◆ Assignment
Report the number of lines in the records below that contain the word "proofs", and nothing more.

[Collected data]
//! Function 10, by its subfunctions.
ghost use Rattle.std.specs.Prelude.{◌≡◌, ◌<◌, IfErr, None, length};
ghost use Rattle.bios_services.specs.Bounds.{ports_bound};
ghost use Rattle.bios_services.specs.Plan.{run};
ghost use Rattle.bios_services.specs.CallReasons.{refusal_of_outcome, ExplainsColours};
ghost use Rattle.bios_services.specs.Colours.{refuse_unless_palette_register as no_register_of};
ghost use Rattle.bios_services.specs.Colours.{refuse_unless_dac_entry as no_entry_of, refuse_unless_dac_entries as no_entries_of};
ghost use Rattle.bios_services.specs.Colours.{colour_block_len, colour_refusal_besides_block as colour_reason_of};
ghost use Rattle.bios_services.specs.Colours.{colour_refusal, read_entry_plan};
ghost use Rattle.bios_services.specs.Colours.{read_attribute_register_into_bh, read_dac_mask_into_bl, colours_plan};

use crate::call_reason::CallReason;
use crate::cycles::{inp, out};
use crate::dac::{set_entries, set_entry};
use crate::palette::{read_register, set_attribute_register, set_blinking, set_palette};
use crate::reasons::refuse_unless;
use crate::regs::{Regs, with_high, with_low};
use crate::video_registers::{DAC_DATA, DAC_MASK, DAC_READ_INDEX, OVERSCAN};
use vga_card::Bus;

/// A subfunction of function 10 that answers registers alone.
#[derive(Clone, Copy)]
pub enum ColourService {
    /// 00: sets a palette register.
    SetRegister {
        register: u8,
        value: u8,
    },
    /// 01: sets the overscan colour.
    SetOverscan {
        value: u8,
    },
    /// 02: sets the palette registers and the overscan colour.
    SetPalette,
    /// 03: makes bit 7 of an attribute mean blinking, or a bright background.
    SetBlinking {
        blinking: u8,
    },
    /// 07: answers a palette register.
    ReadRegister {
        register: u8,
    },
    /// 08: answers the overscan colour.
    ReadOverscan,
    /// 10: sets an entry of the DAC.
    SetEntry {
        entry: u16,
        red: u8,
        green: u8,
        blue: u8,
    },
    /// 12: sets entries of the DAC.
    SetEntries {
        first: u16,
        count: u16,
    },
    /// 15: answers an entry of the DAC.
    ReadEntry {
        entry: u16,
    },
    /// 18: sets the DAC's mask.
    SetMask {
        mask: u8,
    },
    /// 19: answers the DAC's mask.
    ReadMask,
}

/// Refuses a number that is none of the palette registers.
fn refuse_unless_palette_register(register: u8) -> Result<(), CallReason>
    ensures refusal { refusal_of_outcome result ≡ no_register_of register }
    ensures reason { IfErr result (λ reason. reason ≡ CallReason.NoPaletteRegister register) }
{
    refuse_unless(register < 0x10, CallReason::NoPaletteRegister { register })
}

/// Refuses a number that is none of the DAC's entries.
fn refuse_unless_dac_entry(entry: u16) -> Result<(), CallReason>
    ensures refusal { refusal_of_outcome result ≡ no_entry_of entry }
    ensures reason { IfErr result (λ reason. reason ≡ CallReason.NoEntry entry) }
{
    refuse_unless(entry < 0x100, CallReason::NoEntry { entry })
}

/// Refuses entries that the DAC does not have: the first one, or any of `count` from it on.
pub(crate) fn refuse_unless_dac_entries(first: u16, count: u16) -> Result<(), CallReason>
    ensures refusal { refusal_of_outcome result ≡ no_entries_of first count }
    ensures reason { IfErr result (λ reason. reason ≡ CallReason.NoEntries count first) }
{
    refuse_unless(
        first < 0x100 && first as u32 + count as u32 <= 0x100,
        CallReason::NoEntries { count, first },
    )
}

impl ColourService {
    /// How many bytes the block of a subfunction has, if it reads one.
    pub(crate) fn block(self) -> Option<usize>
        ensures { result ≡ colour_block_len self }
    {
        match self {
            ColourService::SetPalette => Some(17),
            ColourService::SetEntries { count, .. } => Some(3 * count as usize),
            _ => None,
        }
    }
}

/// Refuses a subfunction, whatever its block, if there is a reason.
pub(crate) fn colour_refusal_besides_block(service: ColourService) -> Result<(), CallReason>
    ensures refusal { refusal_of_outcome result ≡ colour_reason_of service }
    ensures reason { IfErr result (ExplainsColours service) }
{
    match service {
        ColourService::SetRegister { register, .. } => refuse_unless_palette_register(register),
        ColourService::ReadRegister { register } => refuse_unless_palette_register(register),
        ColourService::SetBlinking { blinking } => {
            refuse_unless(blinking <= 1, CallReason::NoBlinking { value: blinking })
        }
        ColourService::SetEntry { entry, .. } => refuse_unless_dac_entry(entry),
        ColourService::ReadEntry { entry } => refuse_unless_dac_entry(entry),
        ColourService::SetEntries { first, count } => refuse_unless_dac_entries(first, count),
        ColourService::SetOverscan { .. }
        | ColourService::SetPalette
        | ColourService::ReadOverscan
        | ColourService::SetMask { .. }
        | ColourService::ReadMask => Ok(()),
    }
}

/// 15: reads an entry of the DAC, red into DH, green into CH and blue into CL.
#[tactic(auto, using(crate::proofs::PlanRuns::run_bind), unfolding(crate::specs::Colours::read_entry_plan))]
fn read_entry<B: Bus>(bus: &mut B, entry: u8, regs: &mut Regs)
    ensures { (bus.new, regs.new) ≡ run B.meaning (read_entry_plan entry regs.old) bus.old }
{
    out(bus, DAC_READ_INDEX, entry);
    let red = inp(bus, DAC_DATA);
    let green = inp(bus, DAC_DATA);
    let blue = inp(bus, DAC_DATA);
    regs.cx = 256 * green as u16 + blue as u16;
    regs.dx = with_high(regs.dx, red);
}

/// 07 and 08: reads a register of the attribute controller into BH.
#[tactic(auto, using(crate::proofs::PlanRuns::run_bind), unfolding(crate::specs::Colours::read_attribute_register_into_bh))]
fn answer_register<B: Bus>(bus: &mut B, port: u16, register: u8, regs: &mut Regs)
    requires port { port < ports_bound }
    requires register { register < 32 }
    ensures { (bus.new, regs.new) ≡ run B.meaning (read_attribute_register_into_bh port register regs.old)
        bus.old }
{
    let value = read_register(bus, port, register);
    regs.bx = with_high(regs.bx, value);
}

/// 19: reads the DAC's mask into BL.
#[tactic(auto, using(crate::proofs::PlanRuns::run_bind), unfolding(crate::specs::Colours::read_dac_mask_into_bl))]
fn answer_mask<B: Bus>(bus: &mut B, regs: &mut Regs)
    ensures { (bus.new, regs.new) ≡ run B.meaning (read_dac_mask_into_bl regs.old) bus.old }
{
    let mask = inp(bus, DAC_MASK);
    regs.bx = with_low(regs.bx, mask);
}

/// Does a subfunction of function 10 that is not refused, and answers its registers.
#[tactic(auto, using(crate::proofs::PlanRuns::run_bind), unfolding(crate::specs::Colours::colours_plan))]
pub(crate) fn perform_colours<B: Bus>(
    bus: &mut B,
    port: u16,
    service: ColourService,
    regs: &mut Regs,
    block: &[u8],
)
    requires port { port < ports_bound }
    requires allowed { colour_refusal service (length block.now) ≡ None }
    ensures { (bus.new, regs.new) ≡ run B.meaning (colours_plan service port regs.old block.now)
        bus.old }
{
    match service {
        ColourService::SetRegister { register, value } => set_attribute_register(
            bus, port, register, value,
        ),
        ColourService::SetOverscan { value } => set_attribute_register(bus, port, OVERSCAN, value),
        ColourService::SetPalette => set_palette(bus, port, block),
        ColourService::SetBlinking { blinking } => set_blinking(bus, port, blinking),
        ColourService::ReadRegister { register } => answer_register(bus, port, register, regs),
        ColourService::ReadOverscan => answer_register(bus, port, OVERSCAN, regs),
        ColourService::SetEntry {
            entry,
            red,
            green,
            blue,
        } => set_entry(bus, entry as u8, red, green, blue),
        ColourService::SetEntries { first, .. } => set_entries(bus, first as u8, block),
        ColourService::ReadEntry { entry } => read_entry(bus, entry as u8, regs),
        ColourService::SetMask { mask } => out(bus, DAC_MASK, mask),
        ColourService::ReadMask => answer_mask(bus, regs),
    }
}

◆ Solution for this exercise
4